- [WHAT YOU SHOULD DO]:
Every line below between the line holding "plan.old places.old result" and the line holding "node u's subtree.", inclusive, should be repeated exactly, and all other lines omitted.

** Opening DATA SUPPLIED block **

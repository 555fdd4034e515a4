// From the rows of costs to the labels that are shown: the root's state, then the choices down the tree.
//     search   the first way into a state at its cost
//     root     the root's least cost and its state
//     labels   the pass down
pub mod labels;
pub mod root;
pub mod search;
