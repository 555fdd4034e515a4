// The library's version, so that a program can compare the archive with the header that it was compiled with.
ghost use Rattle.std.specs.Prelude.{◌≡◌};
ghost use Rattle.capi.specs.version.Version.{version_number};

// Release 1.0.0, as major * 10000 + minor * 100 + patch.
pub const VERSION: u32 = 10000;

// The version of the archive.
pub fn whatif_version() -> u32
    ensures { result ≡ version_number }
{
    VERSION
}
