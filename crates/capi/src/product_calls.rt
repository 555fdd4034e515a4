// The exported calls on two rule tables (document 02, S-6 and S-13), each thin over a call of the crates below: its
// result is the answer's number, 0 where it is accepted. Outputs are written only on success.
//     whatif_merge   one table that clears exactly the plans that both clear
//     whatif_agree   whether the tables agree, or else a separating plan as lines
ghost use Rattle.std.specs.Prelude.{◌≡◌, [], ◌∷◌, cond, eqb};
ghost use Rattle.products.specs.merging.Writes.{written};
ghost use Rattle.capi.specs.product_calls.Exported.{MergeExported, AgreeExported, LineArgs, LinesArgs, line_numbers};

use crate::numbers::number;
use formats::refusals::Refusal;
use products::agreement::agree;
use products::agreement::reachable::PAIR_LIMIT;
use products::merging::merge;

// Writes the merged table to `merged`.
pub fn whatif_merge(first: &[u8], second: &[u8], merged: &mut [u8]) -> u32
    ensures { MergeExported first.now second.now merged.old result merged.new }
{
    let answer = merge(first, second, merged);
    number(answer)
}

// The four numbers of a line, from number `at` on.
fn put_line(lines: &mut [u16], at: usize, kind: u8, label: u8, left: u8, right: u8)
    requires { LineArgs at lines.old }
    ensures { lines.new ≡ written at (kind ∷ label ∷ left ∷ right ∷ []) lines.old }
{
    lines[at] = kind as u16;
    lines[at + 1] = label as u16;
    lines[at + 2] = left as u16;
    lines[at + 3] = right as u16;
}

// The first n lines of a reply.
fn put_lines(
    kinds: [u8; PAIR_LIMIT],
    labels: [u8; PAIR_LIMIT],
    lefts: [u8; PAIR_LIMIT],
    rights: [u8; PAIR_LIMIT],
    n: usize,
    lines: &mut [u16],
)
    requires { LinesArgs kinds labels lefts rights n lines.old }
    ensures { lines.new ≡ written 0 (line_numbers kinds labels lefts rights n) lines.old }
{
    for i in 0..n {
        put_line(lines, i * 4, kinds[i], labels[i], lefts[i], rights[i]);
    }
}

// 1 where no line is shown.
fn none_shown(n: usize) -> u32
    ensures { result ≡ cond (eqb n 0) 1 0 }
{
    u32::from(n == 0)
}

// Whether two tables agree goes to `agreed`; where they do not, the lines of a separating plan go to `lines` and their
// number to `count`.
pub fn whatif_agree(
    first: &[u8],
    second: &[u8],
    lines: &mut [u16],
    agreed: &mut u32,
    count: &mut u32,
) -> u32
    ensures { AgreeExported first.now second.now lines.old agreed.old count.old result
        lines.new agreed.new count.new }
{
    let reply = match agree(first, second) {
        Ok(reply) => reply,
        Err(refusal) => return refusal.number() as u32,
    };
    let n = reply.count;
    if lines.len() < n * 4 {
        return Refusal::BufferShort.number() as u32;
    }
    put_lines(
        reply.kinds,
        reply.labels,
        reply.lefts,
        reply.rights,
        n,
        lines,
    );
    *agreed = none_shown(n);
    *count = n as u32;
    0
}
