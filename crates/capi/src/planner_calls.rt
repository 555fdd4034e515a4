// The exported calls on the planner's files, each thin over a call of the layers below: its result is the answer's
// number, 0 where it is accepted.
ghost use Rattle.planner.specs.home.Home.{HomeDone};
ghost use Rattle.planner.specs.out.Out.{OutDone};

use crate::numbers::number;
use planner::home::convert::planner_of_plan;
use planner::out::convert::plan_of_planner;

// Our plan of a planner's file, and the place of each of its nodes.
pub fn whatif_plan_of_planner(file: &[u8], plan: &mut [u8], places: &mut [u16]) -> u32
    ensures { OutDone file.now plan.old places.old result
        plan.new places.new }
{
    number(plan_of_planner(file, plan, places))
}

// The planner's file of our plan.
pub fn whatif_planner_of_plan(plan: &[u8], file: &mut [u8]) -> u32
    ensures { HomeDone plan.now file.old result file.new }
{
    number(planner_of_plan(plan, file))
}
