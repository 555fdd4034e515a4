// The exported calls on what each node of a plan may take, each thin over a call of the layers below: its result is the
// answer's number, 0 where it is accepted. The buffer is written only on success.
//     whatif_allowed    the labels that each node may take
//     whatif_clearing   the states of each node with which the plan is cleared
ghost use Rattle.allowed.specs.Answers.{AllowedDone, ClearingDone};

use crate::numbers::number;
use allowed::clearing::call::clearing_states;
use allowed::masks::call::allowed_labels;

// For each node the labels that it may take: bit a is 1 exactly where the plan with this node alone relabelled to a is
// cleared.
pub fn whatif_allowed(plan: &[u8], rules: &[u8], masks: &mut [u64]) -> u32
    ensures { AllowedDone plan.now rules.now masks.old result masks.new }
{
    number(allowed_labels(plan, rules, masks))
}

// For each node the states with which the plan is cleared: bit q is 1 exactly where the plan is cleared with state q at
// this node, all else as it is.
pub fn whatif_clearing(plan: &[u8], rules: &[u8], sets: &mut [u16]) -> u32
    ensures { ClearingDone plan.now rules.now sets.old result sets.new }
{
    number(clearing_states(plan, rules, sets))
}
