// What the buffer holds between the passes: of an inner node the first node of its subtree, and at the first node of its
// right child's subtree the states of both children and its own.
ghost use Rattle.std.specs.Prelude.{◌≡◌};
ghost use Rattle.allowed.specs.inner.clearing.Cells.{first_node_in, state_in, FirstArgs, StateArgs};

// The first node of node u's subtree.
pub fn first_of(kinds: &[u8], cells: &[u16], u: usize) -> usize
    requires { FirstArgs kinds.now cells.now u }
    ensures { result ≡ first_node_in kinds.now cells.now u }
{
    if kinds[u] == 0 {
        return u;
    }
    cells[u] as usize
}

// The state of node u in the run.
pub fn state_of(kinds: &[u8], labels: &[u8], leaves: &[u8], cells: &[u16], u: usize) -> usize
    requires { StateArgs kinds.now labels.now leaves.now cells.now u }
    ensures { result ≡ state_in kinds.now labels.now leaves.now cells.now u }
{
    if kinds[u] == 0 {
        return leaves[labels[u] as usize] as usize;
    }
    let f = first_of(kinds, cells, u - 1);
    (cells[f] / 256) as usize
}
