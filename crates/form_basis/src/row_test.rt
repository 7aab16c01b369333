ghost use Rattle.std.specs.Prelude.{◌≡◌, ◌+◌, ◌*◌, ◌^◌, ◌<◌, ◌≤◌, pos, ◌≤ℤ◌, ◌*ℤ◌, length, IsTrue, IfSome};
ghost use Rattle.pip_model.specs.Rows.{divided};
ghost use Rattle.row_laws.specs.Flat.{row_of_numbers};
ghost use Rattle.form_laws.specs.Bounds.{norm as norm_of};
ghost use Rattle.form_basis.specs.ReadRows.{IsMeasured, IsRead, read};

use crate::basis::Basis;
use crate::products::{are_short, greater, norm, wide_product};
use crate::reading::{coefficient, value};
use short_tableau::ShortTableau;

// Whether the products are the same.
fn are_same(a: i64, x: i64, b: i64, y: i64) -> bool
    ensures { IsTrue result → a *ℤ x ≡ b *ℤ y }
{
    wide_product(a, x) == wide_product(b, y)
}

// Whether the form makes the row of these numbers: each over the row's denominator is the row's over the scale.
fn makes_row(places: &ShortTableau, basis: &Basis, form: &[i64], row: &[i64]) -> bool
    requires read { IsRead places.now basis.now form.now }
    requires size { length row.now ≡ places.now.unknowns + 2 }
    requires den { pos 1 ≤ℤ (row_of_numbers places.now.unknowns row.now).den }
    ensures { IsTrue result → read places.now basis.now form.now ≡ divided (row_of_numbers places.now.unknowns row.now) }
{
    let n = places.unknowns();
    let den = row[0];
    for k in 0..n {
        if !are_same(
            coefficient(places, basis, form, k),
            den,
            row[k + 1],
            basis.scale,
        ) {
            return false;
        }
    }
    are_same(value(places, basis, form), den, row[n + 1], basis.scale)
}

/// A number that is no less than the first and than the norm of the form, where the form makes the row of these numbers
/// and all are short.
pub fn checked_norm(
    most: u64,
    places: &ShortTableau,
    basis: &Basis,
    form: &[i64],
    row: &[i64],
) -> Option<u64>
    requires basis { IsMeasured places.now basis.now }
    requires form { length form.now ≡ places.now.unknowns + 1 }
    requires size { length row.now ≡ places.now.unknowns + 2 }
    requires den { pos 1 ≤ℤ (row_of_numbers places.now.unknowns row.now).den }
    ensures most { IfSome result (λ k. most ≤ k) }
    ensures norm { IfSome result (λ k. norm_of form.now ≤ k) }
    ensures bound { IfSome result (λ k. k * basis.now.most < 2 ^ 63) }
    ensures row { IfSome result (λ _. read places.now basis.now form.now
        ≡ divided (row_of_numbers places.now.unknowns row.now)) }
{
    let greatest = greater(most, norm(form)?);
    if are_short(greatest, basis.most) && makes_row(places, basis, form, row) {
        Some(greatest)
    } else {
        None
    }
}
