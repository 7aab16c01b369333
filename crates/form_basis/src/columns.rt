ghost use Rattle.std.specs.Prelude.{◌≡◌, ◌+◌, ◌*◌, ◌≤◌, ◌∷◌, [], ◌++◌, length, take, drop, IsTrue};

/// Adds the number where there is memory for it.
#[inline(always)]
pub fn push(numbers: &mut Vec<i64>, z: i64) -> bool
    ensures { IsTrue result → numbers.new.items ≡ numbers.old.items ++ z ∷ [] }
{
    numbers.push(z).is_ok()
}

/// Column k of n numbers, where columns stand one behind another.
#[inline(always)]
pub fn column(columns: &[i64], n: usize, k: usize) -> &[i64]
    requires { k * n + n ≤ length columns.now }
    ensures { result.now ≡ take n (drop (k * n) columns.now) }
{
    let (_, behind) = columns.split_at(k * n);
    let (column, _) = behind.split_at(n);
    column
}
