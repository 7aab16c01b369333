ghost use Rattle.std.specs.Prelude.{◌≡◌, pos, []};

use std::alloc::Global;

/// The numbers of the unknowns' rows over a common multiple of their denominators, column after column, and a number that
/// is no less than the size of any of these; what the multiple has of each denominator.
#[derive(Drop)]
pub struct Basis {
    pub scale: i64,
    pub most: u64,
    pub factors: Vec<i64>,
    pub columns: Vec<i64>,
}

/// A basis of no rows. It takes no memory.
pub fn no_basis(alloc: Global) -> Basis
    ensures scale { result.scale ≡ pos 1 }
    ensures most { result.most ≡ 1 }
    ensures columns { result.columns.items ≡ [] }
{
    Basis {
        scale: 1,
        most: 1,
        factors: Vec::new(alloc),
        columns: Vec::new(alloc),
    }
}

** Closing DATA SUPPLIED block **

- [TASK RESULT]:
    ensures { OutDone file.now plan.old places.old result
        plan.new places.new }
{
    number(plan_of_planner(file, plan, places))
}

// The planner's file of our plan.
pub fn whatif_planner_of_plan(plan: &[u8], file: &mut [u8]) -> u32
    ensures { HomeDone plan.now file.old result file.new }
{
    number(planner_of_plan(plan, file))
}
repository 555fdd4034e515a4
// The exported calls on what each node of a plan may take, each thin over a call of the layers below: its result is the
// answer's number, 0 where it is accepted. The buffer is written only on success.
//     whatif_allowed    the labels that each node may take
//     whatif_clearing   the states of each node with which the plan is cleared
ghost use Rattle.allowed.specs.Answers.{AllowedDone, ClearingDone};

use crate::numbers::number;
use allowed::clearing::call::clearing_states;
use allowed::masks::call::allowed_labels;

// For each node the labels that it may take: bit a is 1 exactly where the plan with this node alone relabelled to a is
// cleared.
pub fn whatif_allowed(plan: &[u8], rules: &[u8], masks: &mut [u64]) -> u32
    ensures { AllowedDone plan.now rules.now masks.old result masks.new }
{
    number(allowed_labels(plan, rules, masks))
}

// For each node the states with which the plan is cleared: bit q is 1 exactly where the plan is cleared with state q at
// this node, all else as it is.
pub fn whatif_clearing(plan: &[u8], rules: &[u8], sets: &mut [u16]) -> u32
    ensures { ClearingDone plan.now rules.now sets.old result sets.new }
{
    number(clearing_states(plan, rules, sets))
}
// What the buffer holds between the passes: of an inner node the first node of its subtree, and at the first node of its
// right child's subtree the states of both children and its own.
ghost use Rattle.std.specs.Prelude.{◌≡◌};
ghost use Rattle.allowed.specs.inner.clearing.Cells.{first_node_in, state_in, FirstArgs, StateArgs};

// The first node of node u's subtree.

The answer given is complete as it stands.